Roche has positive clinical data on its risdiplam candidate in spinal muscular atrophy (SMA), suggesting it could add to the emerging treatment options for the devastating genetic disease.
Risdiplam – which Roche licenses from PTC Therapeutics – is a small molecule that targets and encourages the SMN2 gene to produce a greater amount of functional SMN protein, which is lacking in people with SMA and leads to progressive neuromuscular degeneration.
Data on its efficacy has emerged from two phase 2/3 trials – FIREFISH and SUNFISH – in type 1 and types 2 and 3 SMA, respectively, have shown that the therapy can help the development of motor function in infants with the disease.
If all goes according to plan the drug could became an oral alternative to Biogen’s injectable Spinraza (nusinersen), the first and only approved therapy for SMA which has been available to patients since 2016 and looks set to top $1bn in sales this year.
In the open-label FIREFISH study, six out of 14 infants treated for eight months with risdiplam were able to sit upright – three of them with no support which is rare in untreated type 1 SMA – and the same number also achieved upright head control.

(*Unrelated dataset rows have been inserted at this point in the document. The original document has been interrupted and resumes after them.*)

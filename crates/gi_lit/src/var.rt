ghost use Rattle.std.specs.Prelude.{◌≡◌, ◌+◌, ◌*◌, ◌/◌, ◌≤◌};
ghost use Rattle.std.specs.Option.{SomeIff};
ghost use Rattle.gi_lit.specs.Literals.{max_var, IsVariable};

use crate::lit::Lit;
use std::marker::Model;

/// The greatest variable.
pub const MAX_VAR: u32 = 16_777_216;

/// A propositional variable, from 1 to `MAX_VAR`. Contracts see its number.
#[derive(Clone, Copy, Debug, PartialEq, Eq, PartialOrd, Ord, Hash)]
pub struct Var {
    index: u32,
}

impl Model for Var {
    ghost use Rattle.std.specs.Prelude.{ℕ};
    ghost use Rattle.gi_lit.specs.Literals.{IsVariable};

    ghost Value = { ℕ };

    ghost view = { λ v. v.index };

    ghost invariant = { λ v. IsVariable v.index };

    ghost inverse = { λ n. record { index = n } };
}

impl Var {
    /// The variable of that number. None exactly for 0 and above `MAX_VAR`.
    pub const fn new(index: u32) -> Option<Var>
        ensures { SomeIff result (IsVariable index) index }
    {
        if index >= 1 && index <= MAX_VAR {
            Some(Var { index })
        } else {
            None
        }
    }

    /// Its number.
    pub const fn index(self) -> u32
        ensures value { result ≡ self }
        ensures low { 1 ≤ result }
        ensures high { result ≤ max_var }
    {
        self.index
    }

    /// The literal that is true where the variable is true.
    pub const fn positive(self) -> Lit
        ensures { result ≡ 2 * self }
    {
        Lit::of(self, false)
    }

    /// The literal that is true where the variable is false.
    pub const fn negative(self) -> Lit
        ensures { result ≡ 2 * self + 1 }
    {
        Lit::of(self, true)
    }

    /// The variable of a literal.
    pub(crate) const fn of(l: Lit) -> Var
        ensures { result ≡ l / 2 }
    {
        Var {
            index: l.code() / 2,
        }
    }
}
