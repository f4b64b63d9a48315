ghost use Rattle.std.specs.Prelude.{◌≡◌, ◌-◌, ◌/◌, ◌≤◌, ◌<◌, ◌^◌, length, replicate, false, All, IfOk, slice_index_or, slice_set};
ghost use Rattle.gi_lit.specs.Truth.{true_in, clause_true};

use crate::lit::Lit;
use crate::var::Var;
use std::alloc::{AllocError, Global};
use std::marker::Model;

/// An assignment: a truth value for each variable from 1 to `len`. Contracts see the list of the
/// values, that of variable v at place v - 1.
#[derive(Debug, Drop)]
pub struct Assign {
    values: Vec<bool>,
}

impl Model for Assign {
    ghost use Rattle.std.specs.Prelude.{Bool, List, length, ◌<◌, ◌^◌};

    ghost Value = { List Bool };

    ghost view = { λ a. a.values.items };

    ghost invariant = { λ a. length a.values.items < 2 ^ 32 };
}

impl Assign {
    /// The assignment that makes each of n variables false.
    pub fn falses(alloc: Global, n: u32) -> Result<Assign, AllocError>
        ensures { IfOk result (λ a. a ≡ replicate n false) }
    {
        let values = vec![in alloc; false; n as usize]?;
        Ok(Assign { values })
    }

    /// The assignment of a vector's values. Takes no memory.
    pub fn from_vec(values: Vec<bool>) -> Assign
        requires { length values.items < 2 ^ 32 }
        ensures { result ≡ values.items }
    {
        Assign { values }
    }

    /// The vector of its values. Takes no memory.
    pub fn into_vec(self) -> Vec<bool>
        ensures { result.items ≡ self }
    {
        let Assign { values } = self;
        values
    }

    /// How many variables have a value.
    pub fn len(&self) -> u32
        ensures { result ≡ length self.now }
    {
        self.values.len() as u32
    }

    /// The values in order, that of variable 1 first.
    pub fn as_slice(&self) -> &[bool]
        ensures { result.now ≡ self.now }
    {
        self.values.as_slice()
    }

    /// Gives a variable a value.
    pub fn set(&mut self, v: Var, value: bool)
        requires { v ≤ length self.old }
        ensures { self.new ≡ slice_set self.old (v - 1) value }
    {
        let place = (v.index() - 1) as usize;
        self.values[place] = value;
    }

    /// The value of a variable.
    pub fn get(&self, v: Var) -> bool
        requires { v ≤ length self.now }
        ensures { result ≡ slice_index_or self.now (v - 1) false }
    {
        let place = (v.index() - 1) as usize;
        self.values[place]
    }

    /// Whether it makes a literal true.
    #[tactic(auto, unfolding(crate::specs::Truth::true_in))]
    pub fn makes_true(&self, l: Lit) -> bool
        requires { l / 2 ≤ length self.now }
        ensures { result ≡ true_in self.now l }
    {
        self.get(l.var()) != l.is_negative()
    }

    /// Whether it satisfies a clause, that is, makes one of its literals true. The empty clause is
    /// satisfied by none.
    pub fn satisfies(&self, c: &[Lit]) -> bool
        requires { All (λ l. l / 2 ≤ length self.now) c.now }
        ensures { result ≡ clause_true self.now c.now }
    {
        c.iter().any(|l| self.makes_true(*l))
    }
}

Meanwhile, the placebo-controlled SUNFISH trial in older children and young adults 63% of patients showed a three point or greater improvement on the Motor Function Measure (MFM) scale after a year, which Roche said was a clinically significant improvement.
Sandra Horning, Roche’s chief medical officer, said the company is “highly encouraged” by the data, which show infants treated with risdiplam “surviving and achieving developmental milestones beyond the natural history of this devastating disease.”
“SMA therapies that produce a sustained increase in SMN protein…may provide comprehensive benefits to people diagnosed with SMA, and we look forward to sharing additional data on risdiplam as the clinical program progresses,” she added.
Roche is also moving ahead with two more studies to further explore how risdiplam might be used in SMA. JEWELFISH is enrolling people aged 12-60 with types 2 or 3 SMA who have been previously treated with Spinraza, while RAINBOWFISH will get underway next year in pre-symptomatic SMA patients.
The commercial potential of both Spinraza and risdiplam could however be short-lived if a gene therapy for SMA – which aims to treat the disease by the one-off administration of a gene coding for SMN – moves quickly through the regulatory process.
Earlier this year, US biotech AveXis revealed data for its gene therapy AVXS-101, showing neuromuscular improvements in 15 symptomatic type 1 SMA patients who were all still alive at 24 months of age without the need for permanent ventilation. The data has been deemed sufficient to support a filing with the US FDA, which is due before the end of the year.
Novartis will be banking on a successful outcome for the AVX-101 programme, after agreeing an $8.7bn takeover of AveXis earlier this year.